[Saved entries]

* * * * *

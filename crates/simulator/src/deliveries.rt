//! How far the messages of a service have arrived.
ghost use Rattle.std.specs.Prelude.{◌≡◌, ◌<◌, List, length, position, IfSome};
ghost use Rattle.std.specs.declared.alloc.Global.{Global};
ghost use Rattle.simulator.specs.Undelivered.{AreMarks, HaveArrived, is_of};
ghost use Rattle.runs.specs.declared.sent.Sent.{Sent};

use crate::undelivered::Route;

/// A place before which all messages of a route have arrived.
#[derive(Clone, Copy)]
pub(crate) struct Mark {
    /// The route.
    pub route: Route,
    /// The place, of those at which messages were sent, or the one after them.
    pub place: usize,
}

/// Which of the marks is the route's, if one is.
fn find(marks: &[Mark], route: &Route) -> Option<usize>
    ensures value { result ≡ position (is_of route.now) marks.now }
    ensures within { IfSome result (λ at. at < length marks.now) }
{
    marks.iter().position(|mark| mark.route.is_same(route))
}

/// A place before which all messages of a route have arrived, as far as the marks show.
pub(crate) fn place_of(marks: &[Mark], route: &Route) -> usize
    ensures { (sent : List (Sent Global)) → AreMarks sent marks.now → HaveArrived route.now result sent }
{
    match find(marks, route) {
        Some(at) => marks[at].place,
        None => 0,
    }
}

/// All messages of the route before this place have arrived. If there is no memory for its mark, this is forgotten.
pub(crate) fn keep(marks: &mut Vec<Mark>, route: Route, place: usize)
    ensures { (sent : List (Sent Global)) → AreMarks sent marks.old.items → HaveArrived route place sent → AreMarks sent marks.new.items }
{
    let at = find(marks, &route);
    let mark = Mark { route, place };
    match at {
        Some(at) => marks[at] = mark,
        None => {
            let _forgotten = marks.push(mark);
        }
    }
}
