//! What a script's run writes.
ghost use Rattle.std.specs.Prelude.{◌≡◌, ◌≤◌, ◌++◌, [], length, OnErr, OnOk, take};
ghost use Rattle.script.specs.Output as spec;
ghost use Rattle.simulator.specs.Reports.{order_lines, slot_lines};

use ballot::{Memory, NodeId, Slot};
use maildrop::{Name, Outcome, SharedCommand, Ticket};
use script::{Refusal, put_outcome, put_performed, put_refusal, put_replies, put_slot};
use std::alloc::Global;
use std::marker::Model;

/// Lines of output that are still to be written. `Memory` adds none.
#[derive(Drop)]
pub(crate) struct Report {
    bytes: Vec<u8>,
}

impl Model for Report {
    ghost use Rattle.std.specs.Prelude.{ℕ, List};

    ghost Value = { List ℕ };

    ghost view = { λ r. r.bytes.items };
}

/// Adds the lines that a node's commands bring, each with its slot. After `Memory` only the first `start` bytes are left.
fn put_slots(
    out: &mut Vec<u8>,
    start: usize,
    performed: &[(Slot, SharedCommand)],
) -> Result<(), Memory>
    requires { start ≤ length out.old.items }
    ensures ok { OnOk result (out.new.items ≡ out.old.items ++ slot_lines performed.now) }
    ensures err { OnErr result (out.new.items ≡ take start out.old.items) }
{
    for (slot, command) in performed {
        let Ok(()) = put_slot(out, *slot, command.get()) else {
            out.truncate(start);
            return Err(Memory);
        };
    }
    Ok(())
}

/// Adds the lines of `order`.
fn put_order(
    out: &mut Vec<u8>,
    node: NodeId,
    performed: &[(Slot, SharedCommand)],
) -> Result<(), Memory>
    ensures ok { OnOk result (out.new.items ≡ out.old.items ++ order_lines node performed.now) }
    ensures err { OnErr result (out.new.items ≡ out.old.items) }
{
    let start = out.len();
    put_performed(out, node, performed.len())?;
    put_slots(out, start, performed)
}

impl Report {
    /// Nothing. Takes no memory.
    pub(crate) fn new(alloc: Global) -> Self
        ensures { result ≡ [] }
    {
        Report {
            bytes: Vec::new(alloc),
        }
    }

    pub(crate) fn get(&self) -> &[u8]
        ensures { result.now ≡ self.now }
    {
        self.bytes.as_slice()
    }

    /// Everything has been written.
    pub(crate) fn clear(&mut self)
        ensures { self.new ≡ [] }
    {
        self.bytes.clear();
    }

    /// What a Mail or a Break was answered.
    pub(crate) fn outcome(
        &mut self,
        user: &Name,
        ticket: Ticket,
        outcome: &Outcome,
    ) -> Result<(), Memory>
        ensures ok { OnOk result (self.new ≡ self.old ++ spec.outcome_line user.now ticket outcome.now) }
        ensures err { OnErr result (self.new ≡ self.old) }
    {
        put_outcome(&mut self.bytes, user, ticket, outcome)
    }

    /// Why the service refuses an event.
    pub(crate) fn refusal(&mut self, refusal: Refusal) -> Result<(), Memory>
        ensures ok { OnOk result (self.new ≡ self.old ++ spec.refusal_line refusal) }
        ensures err { OnErr result (self.new ≡ self.old) }
    {
        put_refusal(&mut self.bytes, refusal)
    }

    /// What a session was told.
    pub(crate) fn replies(&mut self, session: u32, replies: &[u8]) -> Result<(), Memory>
        ensures ok { OnOk result (self.new ≡ self.old ++ spec.reply_lines session replies.now) }
        ensures err { OnErr result (self.new ≡ self.old) }
    {
        put_replies(&mut self.bytes, session, replies)
    }

    /// What a node has performed.
    pub(crate) fn order(
        &mut self,
        node: NodeId,
        performed: &[(Slot, SharedCommand)],
    ) -> Result<(), Memory>
        ensures ok { OnOk result (self.new ≡ self.old ++ order_lines node performed.now) }
        ensures err { OnErr result (self.new ≡ self.old) }
    {
        put_order(&mut self.bytes, node, performed)
    }
}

* * * * *

=== WHAT THE TASK ASKS ===
Give nothing but the number of lines in the entries that include "bytes".

=== ANSWER TO THE EXERCISE ===
10